她看向七王,道:“本王妃和你走,不必临川和长风。”

她就不信,七王还敢杀了她。

临川和长风脸色瞬间一变:“王妃,不可。”

顾三儿道:“有何不可?何必在这里以卵击石?”

临川和长风瞬间羞愧,七王明显是有备而来,仅凭他们二人之力根本无法护得王妃周,何不如他们去找王爷。

七王笑了:“怪不得九弟喜欢,瞧瞧,聪明人办事总让人省心的多。来呀,还不给九王妃带路。”

顾三儿被七王带走,临川和长风无能为力,只能跑去找九王。

离开之际,临川提起躲在角落的夏公公道:“夏公公,你若任由七王带走王妃,无所作为,我们九王殿下迟早会扒了你的皮,掉在成楼上示众!”

夏公公吓的尖着嗓子连连尖叫:“姑娘饶命,姑娘饶命,咱家这就去进宫,如实向主子禀报。”

顾三儿没想到七王将她带到了刑部大牢,七王好大的胆识,这是要审她?

为什么?

刑部大牢远比吉安县的大牢阴沉恐怖的多,地上湿濡,那是从未干过的血迹。

腥臭之味扑入鼻息,令人作呕。

七王直接将顾三儿带到审讯室,里面的刑具齐到让顾三儿都觉得稀罕。

她四处看了一眼,摸着那些血迹尚且干涸的刑具,啧啧惊叹:“怪不得刑部审核雷厉风行,任何悬疑案件都不在话下,什么烈女铁汉来了刑部,也只有乖乖吐话的道理,原来是如此。”

七王见顾三儿没有丝毫害怕的样子,未免又高看了几分,他施施然坐在一旁的椅子上,道:“九弟妹知道便好,九弟妹还是乖乖招了,免得这些不长眼的器械不懂得疼惜弟妹的冰肌玉骨。”

顾三儿转身看着七王,问道:“七王要本王妃招什么?”

“九弟在吉安县身染瘟疫,弟妹知情不报,瞒天过海,险些陷九弟于万险之地,难道不是九弟妹包藏祸心?谋害九弟?”

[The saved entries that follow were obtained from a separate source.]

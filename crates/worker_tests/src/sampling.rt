//! Runs by workers, which must have the end of the run on one thread.
ghost use Rattle.std.specs.Prelude.{◌≡◌, ◌<◌, ◌≤◌, ℕ, length};
ghost use Rattle.pop_model.specs.Stacks.{variables_of, height_of, IsKeyed};
ghost use Rattle.pop_model.specs.Popping.{AreWithin};

use crate::comparing::{is_so, same};
use confluence_core::{End, Keep, run_first};
use pop_instance::{Cursors, Family, Instance};
use pop_stacks::{StackSpec, Stacks, Weights};
use pop_workers::{Gate, NoGate, Outcome, sample_claimed, sample_locked, zeros_of};
use std::alloc::Global;
use std::process::Abort;
use std::sync::Wait;
use std::thread::Threads;
use test_instances::are_cursors_alike;

mod chains;
mod heights;
mod schedules;
mod trees;

// Events over this many variables with two values, with stacks of this height under a key that has
// this byte 32 times.
fn under_key(rt: &impl Abort, count: u32, key: u8, height: u32, family: Family) -> Instance
    ensures keyed { IsKeyed result.stacks.origin }
    ensures height { (v : ℕ) → height_of result.stacks v ≡ height }
{
    assert!(rt; count < 3000);
    assert!(rt; 0 < height);
    assert!(rt; height < 1000);
    let weights = Weights::pairs(count);
    let stacks = Stacks::new(StackSpec::Key([key; 32]), weights, height).expect(rt, "stacks");
    Instance::new(stacks, family).expect(rt, "an instance")
}

// The run of this many workers from these cursors, on claim words or under a lock.
fn sample_from<R: Threads + Wait + Abort + Sync, G: Gate + Sync>(
    rt: &R,
    alloc: Global,
    instance: &Instance,
    from: &Cursors,
    claimed: bool,
    workers: u32,
    gate: &G,
) -> Outcome
    requires count { variables_of instance.now.stacks ≡ length from.now }
    requires within { AreWithin instance.now.stacks from.now }
    requires workers { (0 < workers) × (workers ≤ 64) }
    ensures { variables_of instance.now.stacks ≡ length result.end.cursors }
{
    if claimed {
        let run = sample_claimed(rt, alloc, instance, from, workers, Keep::Log, gate);
        return run.expect(rt, "memory");
    }
    let run = sample_locked(rt, alloc, instance, from, workers, Keep::Log, gate);
    run.expect(rt, "memory")
}

// The run of this many workers from zeros, on claim words or under a lock.
fn sample<R: Threads + Wait + Abort + Sync, G: Gate + Sync>(
    rt: &R,
    alloc: Global,
    instance: &Instance,
    claimed: bool,
    workers: u32,
    gate: &G,
) -> Outcome
    requires { (0 < workers) × (workers ≤ 64) }
    ensures { variables_of instance.now.stacks ≡ length result.end.cursors }
{
    let from = zeros_of(alloc, instance).expect(rt, "memory");
    let run = sample_from(rt, alloc, instance, &from, claimed, workers, gate);
    drop(from);
    run
}

// Compares the length of the log of a run with its number of pops.
fn logs_each_pop(rt: &impl Abort, run: &Outcome) {
    let Some(log) = &run.log else {
        panic!(rt; "no log");
    };
    same(rt, log.len(), run.end.pops, "records");
}

// Compares an end by workers with that of the one-thread run.
fn is_alike(rt: &impl Abort, run: &Outcome, first: &End, count: u32)
    requires run { count ≡ length run.now.end.cursors }
    requires first { count ≡ length first.now.cursors }
{
    let are_alike = are_cursors_alike(&run.end.cursors, &first.cursors, count);
    is_so(rt, are_alike, "cursors of variables below", count);
    same(rt, run.end.pops, first.pops, "pops");
    same(rt, run.end.stuck.len(), first.stuck.len(), "stuck events");
    logs_each_pop(rt, run);
}

// Compares the end of one run with that of the one-thread run.
fn run_alike<R: Threads + Wait + Abort + Sync>(
    rt: &R,
    alloc: Global,
    instance: &Instance,
    claimed: bool,
    workers: u32,
    first: &End,
)
    requires workers { (0 < workers) × (workers ≤ 64) }
    requires first { variables_of instance.now.stacks ≡ length first.now.cursors }
{
    let outcome = sample(rt, alloc, instance, claimed, workers, &NoGate);
    is_alike(rt, &outcome, first, instance.stacks().count());
    drop(outcome);
}

// Compares the ends of this many workers on both boards.
fn runs_alike<R: Threads + Wait + Abort + Sync>(
    rt: &R,
    alloc: Global,
    instance: &Instance,
    workers: u32,
    first: &End,
)
    requires first { variables_of instance.now.stacks ≡ length first.now.cursors }
{
    assert!(rt; 0 < workers);
    assert!(rt; workers <= 64);
    run_alike(rt, alloc, instance, false, workers, first);
    run_alike(rt, alloc, instance, true, workers, first);
}

static WORKERS: [u32; 4] = [1, 2, 8, 64];

// Compares the ends of each number of workers.
fn all_alike<R: Threads + Wait + Abort + Sync>(
    rt: &R,
    alloc: Global,
    instance: &Instance,
    first: &End,
)
    requires first { variables_of instance.now.stacks ≡ length first.now.cursors }
{
    for workers in WORKERS.iter() {
        runs_alike(rt, alloc, instance, *workers, first);
    }
}

// Runs the instance on one thread and by several numbers of workers on both boards, and compares
// their ends. Returns the numbers of pops and of stuck events.
fn ends_alike<R: Threads + Wait + Abort + Sync>(
    rt: &R,
    alloc: Global,
    instance: &Instance,
) -> (u64, u64) {
    let first = run_first(alloc, instance).expect(rt, "memory");
    all_alike(rt, alloc, instance, &first);
    let found = (first.pops, first.stuck.len());
    drop(first);
    found
}

// The larger first number and the larger second number of two pairs.
fn greater(one: (u64, u64), other: (u64, u64)) -> (u64, u64) {
    (one.0.max(other.0), one.1.max(other.1))
}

“哦,怪不得七王殿下能光明正大的在柔妃娘娘手上劫人,看来已经得了燕帝的旨意,既然七王已经在燕帝面前大肆渲染,落实了本王妃的罪名,七王又审什么呢?何不杀了本王妃,以免节外生枝?”

七王拿着下人送上来的热茶,唇边的笑更加的阴邪:“杀了你,彻底得罪九弟?那本王的日子岂不是也到头了?没有一份合理的供词,便是父皇也不会轻易让你死了。”

顾三儿笑了:“看来燕帝也不是完不顾及九王的喜恶,只是,七王私下拿人,难道还打算让九王和你上演兄友弟恭的把戏不成?”

这时,门口突然冲进来一个女人:“燕夙,你还和她废话什么?谋害九王,该处以极刑,你若不敢,本公主帮你。”

女子说完,便拿了挂在墙上的倒刺长鞭往顾三儿身上抽。

顾三儿虽然没有内力,可是身手凌厉,又岂会轻易中招?她躲开一鞭,才发现来人是秀禾公主。

秀禾一招不中,便又甩了一鞭,顾三儿眉头一拧,伸手抓住鞭一,用力一拽,然后一甩,那鞭子从秀禾手中脱落,然后抽中秀禾的脸。

秀禾尖叫一声,倒在地上:“啊,我的脸。”

她刚养好的脸,该死的南源公主,如今已经是阶下囚,有什么资本威风?

秀禾指着七王,嚷嚷道:“燕夙,你是死人吗?还不教训她。”

七王也有些诧异,看向顾三儿:“没想到你内力尽失还有如此身手。”

“毒是你下的?可是香灰之中并无可以散尽内力的药。”

七王笑了笑:“对付聪慧之人,自然要用非常手段,香灰之中无毒,反而都是安神凝气的好香,只是其中有一味紫藤籽,本王特意孝敬给柔母妃安神的,此香一遇美人骨,就会将美人骨中的药效激发,所以你才会中毒!”

“美人骨?”顾三儿疑惑,不知这美人骨是什么东西。

七王笑的很是小人得志:“弟妹难道忘了在吉安时,你要将本王送你的骨扇送还?”

顾三儿立即从荷包中拿出那枚骨扇:“这就是美人骨?”

“本来送你的扇子不过是普通人骨,可是,那日本王慷慨,将本王最喜欢的美人骨送给了你,这不,瞧瞧,弟妹如今不是有弱美人的姿态?”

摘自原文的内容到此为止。